Extracted data entries -
* * *
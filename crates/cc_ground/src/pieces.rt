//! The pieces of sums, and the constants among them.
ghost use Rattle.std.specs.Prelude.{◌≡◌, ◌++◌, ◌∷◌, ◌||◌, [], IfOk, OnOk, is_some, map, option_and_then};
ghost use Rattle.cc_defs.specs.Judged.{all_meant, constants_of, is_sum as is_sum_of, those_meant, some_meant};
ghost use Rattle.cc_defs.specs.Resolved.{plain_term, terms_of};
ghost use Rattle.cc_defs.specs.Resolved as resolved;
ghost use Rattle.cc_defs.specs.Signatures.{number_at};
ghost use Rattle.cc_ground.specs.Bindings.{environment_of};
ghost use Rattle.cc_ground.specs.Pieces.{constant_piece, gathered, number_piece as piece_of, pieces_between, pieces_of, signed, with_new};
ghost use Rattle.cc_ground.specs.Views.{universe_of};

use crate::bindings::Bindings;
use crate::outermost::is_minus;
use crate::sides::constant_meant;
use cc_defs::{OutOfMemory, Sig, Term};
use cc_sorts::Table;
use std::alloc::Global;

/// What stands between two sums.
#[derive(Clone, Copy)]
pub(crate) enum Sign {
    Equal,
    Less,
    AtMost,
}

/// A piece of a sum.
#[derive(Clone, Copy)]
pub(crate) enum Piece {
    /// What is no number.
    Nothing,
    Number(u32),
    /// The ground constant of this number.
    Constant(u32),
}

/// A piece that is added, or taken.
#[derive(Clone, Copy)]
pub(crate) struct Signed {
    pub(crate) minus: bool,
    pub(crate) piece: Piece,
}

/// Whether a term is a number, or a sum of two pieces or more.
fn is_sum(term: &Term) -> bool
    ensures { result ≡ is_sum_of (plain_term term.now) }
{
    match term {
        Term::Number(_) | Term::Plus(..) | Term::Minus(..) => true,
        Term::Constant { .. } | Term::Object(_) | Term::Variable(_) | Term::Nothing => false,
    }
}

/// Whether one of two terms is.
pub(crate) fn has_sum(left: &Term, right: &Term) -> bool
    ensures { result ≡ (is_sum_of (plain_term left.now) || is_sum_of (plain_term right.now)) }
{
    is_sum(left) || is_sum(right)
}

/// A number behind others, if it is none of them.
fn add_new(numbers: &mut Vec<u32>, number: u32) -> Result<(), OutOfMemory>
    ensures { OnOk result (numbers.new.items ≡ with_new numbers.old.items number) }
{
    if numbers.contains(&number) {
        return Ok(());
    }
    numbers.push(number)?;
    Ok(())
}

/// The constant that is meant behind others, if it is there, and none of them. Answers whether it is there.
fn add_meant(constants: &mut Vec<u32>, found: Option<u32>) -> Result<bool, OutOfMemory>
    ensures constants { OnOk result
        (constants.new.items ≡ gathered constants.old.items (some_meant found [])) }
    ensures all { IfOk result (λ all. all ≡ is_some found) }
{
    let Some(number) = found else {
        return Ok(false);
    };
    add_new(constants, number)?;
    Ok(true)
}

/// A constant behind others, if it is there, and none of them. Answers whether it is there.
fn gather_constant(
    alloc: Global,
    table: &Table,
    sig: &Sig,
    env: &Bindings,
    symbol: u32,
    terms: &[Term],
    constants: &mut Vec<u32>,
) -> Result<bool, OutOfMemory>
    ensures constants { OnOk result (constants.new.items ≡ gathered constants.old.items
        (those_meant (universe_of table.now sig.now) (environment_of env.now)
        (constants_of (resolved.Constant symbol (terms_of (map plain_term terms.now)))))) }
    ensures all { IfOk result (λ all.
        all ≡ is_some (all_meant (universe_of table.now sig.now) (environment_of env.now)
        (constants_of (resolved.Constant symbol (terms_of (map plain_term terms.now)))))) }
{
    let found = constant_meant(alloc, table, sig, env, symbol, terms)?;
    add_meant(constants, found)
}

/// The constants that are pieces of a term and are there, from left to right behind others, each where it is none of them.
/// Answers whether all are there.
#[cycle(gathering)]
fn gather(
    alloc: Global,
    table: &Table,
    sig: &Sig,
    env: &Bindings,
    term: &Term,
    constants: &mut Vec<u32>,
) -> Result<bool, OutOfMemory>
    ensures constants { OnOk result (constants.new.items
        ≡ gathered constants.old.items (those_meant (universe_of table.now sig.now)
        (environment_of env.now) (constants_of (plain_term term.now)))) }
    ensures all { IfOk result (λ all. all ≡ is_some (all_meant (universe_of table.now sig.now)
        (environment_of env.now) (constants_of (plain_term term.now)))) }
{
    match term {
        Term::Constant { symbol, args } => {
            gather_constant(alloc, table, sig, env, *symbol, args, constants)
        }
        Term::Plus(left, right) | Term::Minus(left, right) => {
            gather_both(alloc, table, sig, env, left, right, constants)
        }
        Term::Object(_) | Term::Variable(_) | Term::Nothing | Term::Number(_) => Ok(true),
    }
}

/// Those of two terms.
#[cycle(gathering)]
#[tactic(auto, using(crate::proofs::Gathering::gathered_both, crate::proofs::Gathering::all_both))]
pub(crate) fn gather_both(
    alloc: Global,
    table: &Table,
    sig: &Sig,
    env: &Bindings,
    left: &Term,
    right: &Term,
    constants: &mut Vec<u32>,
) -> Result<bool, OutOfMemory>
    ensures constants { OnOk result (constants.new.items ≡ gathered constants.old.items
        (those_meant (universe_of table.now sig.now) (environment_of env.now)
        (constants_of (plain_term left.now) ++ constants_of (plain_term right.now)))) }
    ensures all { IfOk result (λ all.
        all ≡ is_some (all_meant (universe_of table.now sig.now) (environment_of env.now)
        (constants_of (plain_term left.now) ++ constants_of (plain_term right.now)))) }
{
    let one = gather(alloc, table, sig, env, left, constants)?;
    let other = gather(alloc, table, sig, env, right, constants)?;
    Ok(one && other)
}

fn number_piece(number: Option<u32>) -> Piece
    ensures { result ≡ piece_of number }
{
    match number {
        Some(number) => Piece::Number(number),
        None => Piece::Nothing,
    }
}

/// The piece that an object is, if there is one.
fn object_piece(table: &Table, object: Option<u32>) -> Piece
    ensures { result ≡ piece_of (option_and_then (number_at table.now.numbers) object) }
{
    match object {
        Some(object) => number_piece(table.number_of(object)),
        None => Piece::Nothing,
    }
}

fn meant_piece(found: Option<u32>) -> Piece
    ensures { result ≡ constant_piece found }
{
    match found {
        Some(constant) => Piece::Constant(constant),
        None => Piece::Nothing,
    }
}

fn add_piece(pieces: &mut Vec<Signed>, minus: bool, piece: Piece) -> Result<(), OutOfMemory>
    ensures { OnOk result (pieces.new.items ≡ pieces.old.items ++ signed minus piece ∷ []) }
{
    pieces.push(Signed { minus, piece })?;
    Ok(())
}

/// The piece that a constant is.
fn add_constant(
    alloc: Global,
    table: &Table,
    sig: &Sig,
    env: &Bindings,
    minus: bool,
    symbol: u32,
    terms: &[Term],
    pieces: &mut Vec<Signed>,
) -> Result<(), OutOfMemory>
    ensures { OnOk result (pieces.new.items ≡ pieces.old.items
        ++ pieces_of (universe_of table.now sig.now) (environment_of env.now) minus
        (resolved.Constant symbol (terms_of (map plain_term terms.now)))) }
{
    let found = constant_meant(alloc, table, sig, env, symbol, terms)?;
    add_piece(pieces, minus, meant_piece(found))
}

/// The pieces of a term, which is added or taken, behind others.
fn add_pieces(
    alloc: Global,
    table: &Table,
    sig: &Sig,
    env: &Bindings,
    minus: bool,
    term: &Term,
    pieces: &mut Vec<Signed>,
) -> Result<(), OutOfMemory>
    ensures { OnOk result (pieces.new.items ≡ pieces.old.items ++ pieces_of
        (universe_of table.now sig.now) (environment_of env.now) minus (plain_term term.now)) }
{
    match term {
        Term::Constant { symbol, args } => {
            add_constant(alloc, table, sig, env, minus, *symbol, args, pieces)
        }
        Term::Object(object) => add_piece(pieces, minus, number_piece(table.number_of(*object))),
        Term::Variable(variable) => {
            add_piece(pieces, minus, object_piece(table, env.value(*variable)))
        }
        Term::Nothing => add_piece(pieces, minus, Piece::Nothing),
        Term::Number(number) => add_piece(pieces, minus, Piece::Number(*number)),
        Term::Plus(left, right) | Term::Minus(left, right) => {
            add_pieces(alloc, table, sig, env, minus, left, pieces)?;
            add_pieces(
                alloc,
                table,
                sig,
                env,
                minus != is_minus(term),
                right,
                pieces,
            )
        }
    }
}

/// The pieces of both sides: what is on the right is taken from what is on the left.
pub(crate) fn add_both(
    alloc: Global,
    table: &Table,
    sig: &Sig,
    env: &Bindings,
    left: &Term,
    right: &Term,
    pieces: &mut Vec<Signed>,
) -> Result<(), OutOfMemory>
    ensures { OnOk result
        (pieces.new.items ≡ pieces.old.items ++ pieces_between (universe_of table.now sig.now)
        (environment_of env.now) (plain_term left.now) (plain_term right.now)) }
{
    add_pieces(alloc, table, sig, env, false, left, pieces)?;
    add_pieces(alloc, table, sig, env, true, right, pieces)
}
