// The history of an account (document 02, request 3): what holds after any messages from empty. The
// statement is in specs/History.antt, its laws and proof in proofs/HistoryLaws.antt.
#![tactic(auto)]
* * *
Task details -
Filter the records for lines containing the word "auto" and copy each one.

The completed task -
#[tactic(auto, using(crate::proofs::Gathering::gathered_both, crate::proofs::Gathering::all_both))]
#![tactic(auto)]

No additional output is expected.